Matching Disparate Data Rows - Excel? Access? - Fuzzy Logic?
Posted on 2006-04-21
I have been given two spreadsheets -- customer lists for two companies. My task is to come up with a list of customers that match.
1. One might say "ACME, Inc." and the other might say "acme incorporated"
2. I have the same "upper/lower/punctuation/abbreviation" issues for the address as well like:
ACME, Inc. - 123 Privat Drive
Acme - SE 123 Privat Dr.
ACME Incorporated - 17 Center St
Acme Inc - 17 CENTER STREET
ACME - P.O.Box 77
ACME - POB 77
ACME - PO box 77
ACME - p.o. Box 77
I tried using a vlookup, but I couldn't figure out how to use fuzzy logic, like with a LIKE operator.
So I imported the spreadsheets into Access, and ran a query that says:
SELECT * FROM sheet1 s1, sheet2 s2
WHERE s1.name LIKE s2.name
AND s1.addr LIKE s2.addr
And it came up with 16 records out of 60,000. I have GOT to figure out a fuzzier way to get better results.

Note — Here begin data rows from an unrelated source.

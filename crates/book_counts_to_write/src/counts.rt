//! Which counts are to be written with changes.

ghost use Rattle.std.specs.Prelude.{◌≡◌, ◌≤◌, IfOk};
ghost use Rattle.model_rows.specs.Change.{changes_applied, after_all};
ghost use Rattle.model_rows.specs.CountRows.{counts_after};
ghost use Rattle.book_tally.specs.CountDeltas.{AreCountDeltas};

use crate::due::due_quotas;
use crate::exits::exits_that_differ;
use crate::walk::{Walk, ids_rise, put_quotas};
use base_values::Moment;
use book_tally::CountDeltas;
use book_usage::Dues;
use model_rows::{Changes, CountRows};
use std::alloc::{AllocError, Global};

/// The counts that are to be written with changes of a book, at a moment that isn't before the book's, by what they shift:
/// those of the quotas and vouchers that are new or whose counts differ, which of these differ in how many tickets are
/// out, and the ids of the vouchers that are gone.
/// It is refused where there is no memory, and where a count doesn't fit in 64 bits.
/// Only those quotas are asked that the shifts name, that changes put, or that what came due reaches. No row is looked up but
/// what came due; a quota that is new, or whose products change, or whether it releases places, is counted over all rows.
pub fn counts_by_shifts<B: Dues>(
    book: &B,
    alloc: Global,
    changes: &Changes,
    deltas: &CountDeltas,
    at: Moment,
) -> Result<CountRows, AllocError>
    requires moment { (B.state book.now).moment ≤ at }
    requires deltas { AreCountDeltas (B.state book.now).lists
        (after_all changes.now.list (B.state book.now).lists) at deltas.now }
    ensures { IfOk result (λ rows. rows
        ≡ counts_after (B.state book.now) (changes_applied changes.now at (B.state book.now))) }
{
    ids_rise(book);
    let changes = changes.as_slice();
    let put = put_quotas(alloc, changes)?;
    let due = due_quotas(book, alloc, at)?;
    let walk = Walk {
        book,
        changes,
        deltas,
        at,
        put: &put,
        due: &due,
    };
    let ids = walk.asked(alloc)?;
    let quotas = walk.quotas(alloc, ids.as_slice())?;
    let exits = exits_that_differ(book, alloc, quotas.as_slice())?;
    let vouchers = walk.vouchers(alloc)?;
    let gone = walk.gone(alloc)?;
    Ok(CountRows::new(quotas, exits, vouchers, gone))
}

WHERE instr(s2.addr, left(s1.addr,8)) > 0
But it matched all of the P.O. BOX numbers with each other, and the ATTN: ACCOUNTS PAYABLE with each other.
So I came to Experts Exchange to see if I can find anybody with ingenuity and creativity that might spark more than 16 records out of 60,000. In the mean time, I'll just keep trying things.